Pantry Note:
Not Eternal
4 April 2019

¶ For dinner this evening, we had steak and potatoes. We might as well have dined on cardboard.

The steak had been in the freezer for a while. Possibly since November or December. It was a rib steak from Fairway, the one cut that I expect to age well. A few hours of marination in olive oil, salt and cayenne, however,  did nothing for this one. Although the interior of the steak was still a nice pink, the meat tasted well-done, overcooked. Which is to say that it had lost all flavor.

As for the potatoes, they weren’t the russets that I’d had in mind. Those had sprouted, in the depths of a vegetable crisper. They hadn’t been around nearly as long as the steak in the freezer, I thought. But the sprouts were robust, more than a quarter-inch long. Time was when I’d have plucked them off and baked the potatoes anyway. I’ve since read that this is not a healthy thing to do, and, without further investigation, changed my ways. 

I had some small, “heirloom” potatoes that I’d bought at Schaller & Weber. Ordinarily, I would steam them, and then toss them in butter and parsley. But I decided to roast a few of them, tossing them in oil and butter and seasonings (but not parsley) before rather than after cooking. The result was a loss of flavor that matched that of the steak. Blindfolded, I could not have told you what they were; I might have settled on pasta so overcooked that it was disintegrating. I sprinkled them with salt. This made them taste like salt.

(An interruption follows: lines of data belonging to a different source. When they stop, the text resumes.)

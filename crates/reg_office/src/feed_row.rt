//! A row of the changes feed, and the command that enters it.

ghost use Rattle.std.specs.Prelude.{◌≡◌, ◌≢◌, ◌↔◌, ℕ, IsTrue};
ghost use Rattle.reg_core.specs.Changes.{changed_by};
ghost use Rattle.reg_core.specs.Records.{Records};
ghost use Rattle.reg_core.specs.declared.command.Command.TheVariants.{Crl as IssueCrl};
ghost use Rattle.reg_office.specs.Replays.{with_feed_row};

use reg_core::{
    CertRow, Change, Command, Moment, OrderRow, RequestRow, RevocationRow, SubscriberRow,
};
use reg_core_lists::ground_word;
use reg_office_api::FeedPart;

/// A row of the changes feed, without CRLs.
#[derive(Clone, Copy)]
pub(crate) enum FeedRow {
    Subscriber(SubscriberRow),
    Order(OrderRow),
    Certificate(CertRow),
    Request(RequestRow),
    /// The request with this id is declined.
    Declined(u64),
    Revocation(RevocationRow),
}

impl FeedRow {
    /// The command that enters the row. A request's row has its ground as a value; the command has the ground's name (`ground_word`).
    pub(crate) fn command(&self) -> Command
        ensures no_crl { result ≢ IssueCrl }
    {
        match *self {
            FeedRow::Subscriber(row) => Command::Subscriber { name: row.name },
            FeedRow::Order(row) => Command::Order {
                subscriber: row.subscriber,
                days: row.days,
            },
            FeedRow::Certificate(row) => Command::Register {
                order: row.order,
                serial: row.serial,
                not_before: row.not_before,
                not_after: row.not_after,
            },
            FeedRow::Request(row) => Command::Request {
                serial: row.serial,
                ground: ground_word(row.ground),
            },
            FeedRow::Declined(id) => Command::Decline { request: id },
            FeedRow::Revocation(row) => Command::Revoke {
                request: row.request,
            },
        }
    }

    /// Whether the change enters this row.
    pub(crate) fn is_entered_by(&self, change: &Change<'_>) -> bool
        ensures { IsTrue result → (records : Records) (now : ℕ)
            → changed_by records now change.now ≡ with_feed_row records now self.now }
    {
        match *self {
            FeedRow::Subscriber(row) => enters_subscriber(change, &row),
            FeedRow::Order(row) => enters_order(change, &row),
            FeedRow::Certificate(row) => enters_certificate(change, &row),
            FeedRow::Request(row) => enters_request(change, &row),
            FeedRow::Declined(id) => enters_decline(change, id),
            FeedRow::Revocation(row) => enters_revocation(change, &row),
        }
    }

    /// The moment of the command, if the row has it, or else the moment `before`, which the commands before it have reached.
    pub(crate) fn moment(&self, before: Moment) -> Moment {
        match *self {
            FeedRow::Request(row) => row.received,
            FeedRow::Revocation(row) => row.at,
            _ => before,
        }
    }

    /// The id or number of the row, as a [`reg_office_api::BrokenFeed`] has it.
    pub(crate) fn number(&self) -> u64 {
        match *self {
            FeedRow::Subscriber(row) => row.id,
            FeedRow::Order(row) => row.id,
            FeedRow::Certificate(row) => row.order,
            FeedRow::Request(row) => row.id,
            FeedRow::Declined(id) => id,
            FeedRow::Revocation(row) => row.request,
        }
    }

    pub(crate) fn part(&self) -> FeedPart {
        match *self {
            FeedRow::Subscriber(_) => FeedPart::Subscriber,
            FeedRow::Order(_) => FeedPart::Order,
            FeedRow::Certificate(_) => FeedPart::Certificate,
            FeedRow::Request(_) => FeedPart::Request,
            FeedRow::Declined(_) => FeedPart::Declined,
            FeedRow::Revocation(_) => FeedPart::Revocation,
        }
    }
}

// ---- whether a change enters a row: field by field, so that the prover sees equal rows

fn enters_subscriber(change: &Change<'_>, row: &SubscriberRow) -> bool
    ensures { IsTrue result ↔ (change.now ≡ Change.Subscriber row.now) }
{
    match *change {
        Change::Subscriber(decided) => {
            decided.id == row.id && decided.name.as_bytes() == row.name.as_bytes()
        }
        _ => false,
    }
}

fn enters_order(change: &Change<'_>, row: &OrderRow) -> bool
    ensures { IsTrue result ↔ (change.now ≡ Change.Order row.now) }
{
    match *change {
        Change::Order(decided) => {
            decided.id == row.id && decided.subscriber == row.subscriber && decided.days == row.days
        }
        _ => false,
    }
}

fn enters_certificate(change: &Change<'_>, row: &CertRow) -> bool
    ensures { IsTrue result ↔ (change.now ≡ Change.Certificate row.now) }
{
    match *change {
        Change::Certificate(decided) => {
            decided.serial == row.serial
                && decided.order == row.order
                && decided.not_before == row.not_before
                && decided.not_after == row.not_after
        }
        _ => false,
    }
}

fn enters_request(change: &Change<'_>, row: &RequestRow) -> bool
    ensures { IsTrue result ↔ (change.now ≡ Change.Request row.now) }
{
    match *change {
        Change::Request(decided) => {
            decided.id == row.id
                && decided.serial == row.serial
                && decided.ground == row.ground
                && decided.received == row.received
                && decided.declined == row.declined
        }
        _ => false,
    }
}

fn enters_decline(change: &Change<'_>, id: u64) -> bool
    ensures { IsTrue result ↔ (change.now ≡ Change.Decline id) }
{
    match *change {
        Change::Decline(decided) => decided == id,
        _ => false,
    }
}

/// The change also has the certificate's notAfter. A revocation's row in the feed lacks it, so it is not compared.
fn enters_revocation(change: &Change<'_>, row: &RevocationRow) -> bool
    ensures { IsTrue result ↔ ((not_after : ℕ) × (change.now ≡ Change.Revocation row.now not_after)) }
{
    match *change {
        Change::Revocation(decided, _) => {
            decided.serial == row.serial
                && decided.at == row.at
                && decided.reason == row.reason
                && decided.request == row.request
                && decided.first == row.first
        }
        _ => false,
    }
}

Kathleen insisted that it wasn’t as bad as all that. But I moved several squares closer to a decision against freezing meat other than chicken and seafood other than shrimp. Oh, and Agata & Valentina’s fennel sausages, which I wrap individually before cryolation. The ban will (eventually) encompass ground meat for burgers: if it’s not going to be used within its safe span of refrigerator time, don’t buy it. 

A few nights ago, I learned that even anchovy filets, sold “fresh” in oil by A & V for millions of simoleons per pound, are not eternal. Neither are the capers that the store sells from an adjacent tub. I found this out the other night with a puttanesca sauce that was anything but racy. 

Perhaps by the end of the year, I’ll be capable of shopping on Monday for a week’s worth of dinners, using up everything that I’ve bought before Monday comes round again. The difference between mere cooking and actually keeping house!